Getting over jet lag may be as simple as changing the temperature – your brain temperature, that is.
That’s a theory proposed by Erik Herzog of Washington University in St. Louis. Herzog has found that the biological clocks of rats and mice respond directly to temperature changes.
Biological clocks, which drive circadian rhythms, are found in almost every living organism. In mammals, including humans, these clocks are responsible for 24-hour cycles in alertness and hormone levels, for instance. The control panel for these daily rhythms is the suprachiasmatic nucleus (SCN), sometimes called “the brain’s Timex.” The SCN, located above the roof of the mouth in the hypothalamus, is normally synchronized to local time by light signals carried down the optic nerves. Herzog worked directly with mice SCN cells located in vitro, grown in a dish.
Herzog’s findings were recently published in the Journal of Neurophysiology. His work was funded by the National Institute of Mental Health.
The findings have significant future implications. If brain temperature can be controlled, travellers might never have to deal with jet lag again.
Herzog says that brain temperature is relatively unaffected by environmental temperature, but can be affected by bursts of physical activity, fever, nursing, or a dose of aspirin or melatonin, a drug already used to lessen the effects of jet lag.
In his study, Herzog first needed to establish that the SCN would function normally over a wide range of constant temperatures. He tested the cells in a range from 24 C to 370C. With each change in temperature, the SCN cells continued to operate like clockwork.
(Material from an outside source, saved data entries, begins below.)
// The layout of a sample (document 01, "Which bytes are ciphered, and how" and "Pieces"): whether a byte of a range is ciphered, where
// a position lies, how far its key stream block is used there, and how many bytes are held there.
#![tactic(auto)]

ghost use Rattle.std.specs.Prelude.{◌&&◌, [], ◌∷◌, ◌≡◌, ◌%◌, ◌≤◌, ◌+◌, length, take, sum_by, zip};
ghost use Rattle.scheme.specs.Layout.{in_whole_block, in_crypt_run, is_ciphered, total, mask, count as counted};
ghost use Rattle.scheme.specs.Held.{held_at};
ghost use Rattle.scheme.specs.Part.{protected_entries, held_under};
ghost use Rattle.scheme.specs.Walk as spec;
ghost use Rattle.layout.specs.Lies.{Lies};
ghost use Rattle.subsample_spec.specs.Auxiliary.{limit, entry};

use modes_spec::ModeBlock;
use scheme::{Mode, Pattern, Scheme};
use subsample_spec::{Entry, SubsampleMap};
use track_spec::Parameters;

// Whether every protected byte is ciphered.
pub fn every_byte(scheme: Scheme) -> bool
    ensures { result ≡ spec.every_byte scheme }
{
    matches!(scheme, Scheme::Cenc)
}

// Whether the byte at an offset of a range of n bytes lies in a whole block that the pattern ciphers; 0:0 ciphers every one. Length and
// offset as two numbers, as the definitions have them.
fn in_pattern(pattern: Pattern, n: usize, o: usize) -> bool
    ensures { result ≡ in_whole_block n o && in_crypt_run pattern o }
{
    let crypt = pattern.crypt as usize;
    let period = crypt + pattern.skip as usize;
    let block = o / ModeBlock::SIZE;
    block < n / ModeBlock::SIZE && (period == 0 || block % period < crypt)
}

// Whether the byte at an offset of a range of n bytes is ciphered. The four one by one, as `is_ciphered` has them.
pub fn ciphered_at(scheme: Scheme, pattern: Pattern, n: usize, o: usize) -> bool
    ensures { result ≡ is_ciphered scheme pattern n o }
{
    match scheme {
        Scheme::Cenc => true,
        Scheme::Cbc1 => o / ModeBlock::SIZE < n / ModeBlock::SIZE,
        Scheme::Cens | Scheme::Cbcs => in_pattern(pattern, n, o),
    }
}

// The offset o of a protected range of n bytes.
#[derive(Clone, Copy)]
struct Inside {
    n: usize,
    o: usize,
}

// Where a position lies, in a protected range or in clear bytes; and the protected bytes before it.
#[derive(Clone, Copy)]
struct Position {
    inside: Option<Inside>,
    rank: usize,
}

// Where position x lies under given entries.
fn locate_entry(entries: &[Entry], x: usize) -> Position
    requires { length entries.now ≤ limit }
    ensures { Lies entries.now x result }
{
    let mut y = x;
    let mut before = 0;
    for entry in entries {
        let a = entry.clear as usize;
        let n = entry.protected as usize;
        if y < a {
            break;
        }
        let o = y - a;
        if o < n {
            return Position {
                inside: Some(Inside { n, o }),
                rank: before + o,
            };
        }
        y = o - n;
        before += n;
    }
    Position {
        inside: None,
        rank: before,
    }
}

// Where position x lies in a sample that is one protected range.
fn locate_range(length: usize, x: usize) -> Position
    ensures { Lies (entry 0 «length» ∷ []) x result }
{
    if x < length {
        Position {
            inside: Some(Inside { n: length, o: x }),
            rank: x,
        }
    } else {
        Position {
            inside: None,
            rank: length,
        }
    }
}

// Where position x of a protected sample lies.
fn locate(map: SubsampleMap, length: usize, x: usize) -> Position
    ensures { Lies (protected_entries map «length») x result }
{
    if map.count == 0 {
        return locate_range(length, x);
    }
    locate_entry(map.used(), x)
}

// How many bytes of the key stream block are used at position x of a protected sample. Scheme and pattern, map and length one by one, here
// and below, as `mask` and `protected_entries` take them.
pub fn used_at(
    scheme: Scheme,
    pattern: Pattern,
    map: SubsampleMap,
    length: usize,
    x: usize,
) -> usize
    ensures { result ≡ counted (take x (mask scheme pattern (protected_entries map «length»))) % 16 }
{
    let p = locate(map, length, x);
    if every_byte(scheme) {
        return p.rank % ModeBlock::SIZE;
    }
    match p.inside {
        Some(i) if ciphered_at(scheme, pattern, i.n, i.o) => i.o % ModeBlock::SIZE,
        _ => 0,
    }
}

// How many bytes are held at position x of a protected sample.
fn held_in(scheme: Scheme, pattern: Pattern, map: SubsampleMap, length: usize, x: usize) -> usize
    ensures { result ≡ held_at pattern (protected_entries map «length») scheme x }
{
    match scheme.mode() {
        Mode::Counter => 0,
        Mode::Chain => used_at(scheme, pattern, map, length, x),
    }
}

// How many bytes are held at position x of a sample. Parameters, map and length are fields of several structures of the layers above, so
// they are handed in one by one.
pub fn held_at(parameters: Parameters, map: SubsampleMap, length: usize, x: usize) -> usize
    ensures { result ≡ held_under parameters map «length» x }
{
    if parameters.protected != 1 {
        return 0;
    }
    held_in(
        Scheme::of(parameters.code),
        Pattern::of(parameters),
        map,
        length,
        x,
    )
}

// How many bytes the entries of a protected sample call for.
pub fn total_length(map: SubsampleMap, length: usize) -> usize
    ensures { result ≡ total (protected_entries map «length») }
{
    if map.count == 0 {
        return length;
    }
    subsample_map::total(&map)
}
“Just like a good watch, the SCN needs to be accurate over a range of temperatures. Your wristwatch would be of no use to you if it sped up every time it became warm. Biological clocks work the same way. Amazingly enough, the SCN can oscillate over a wide range of temperatures.”
But Herzog was keeping the cells in constant temperature and, he noted, this is not the way your brain really works. Normally, brain temperature fluctuates by about 1.50C every day. Temperature is at its minimum at daybreak, at its maximum during mid-day. This fluctuation exists even in the absence of any environmental cues, such as light and dark. “If you lived in a cave,” Herzog notes, “you’d still have a daily rhythm in temperature.
“So we asked the question if that cycling of temperature, if that 1.5 degrees celsius, would have any effect on the pacemaking of the SCN.” As it turned out, the answer was yes.
Herzog simply warmed the isolated SCN during the day and cooled it during the night, reversing the rat’s normal daily fluctuation. He found that he could change the time at which the SCN “peaked.”
“It shows that the SCN synchronized to the temperature cycle. The temperature cycle entrained it. We fooled the clock by giving it a novel daily schedule, saying ‘This isn’t the end of the day. This is morning.'”
Herzog’s research also sought to disprove the notion put forth in 1998 that shining light on the backs of the knees would be enough to adjust circadian rhythm to a new time zone.
The idea was that by sensing light at the appropriate time people can become synchronized to a new time zone. So Herzog wanted to know: Does the SCN by itself have any light sensitivity?
“We took the SCN out of the animal, put it in a dish, and exposed it to light at night and dark during the day. We asked: does it synchronize to that light-dark schedule? The answer was no.” The human biological clock requires the signals from eyes to synchronize to the local light cycle.
Taken together, Herzog’s findings indicate that, to avoid jet lag on our next trip to Europe, we should be sure to see the dawn while keeping our brains cool. Future work might lead to a better understanding of what changes brain temperature and why.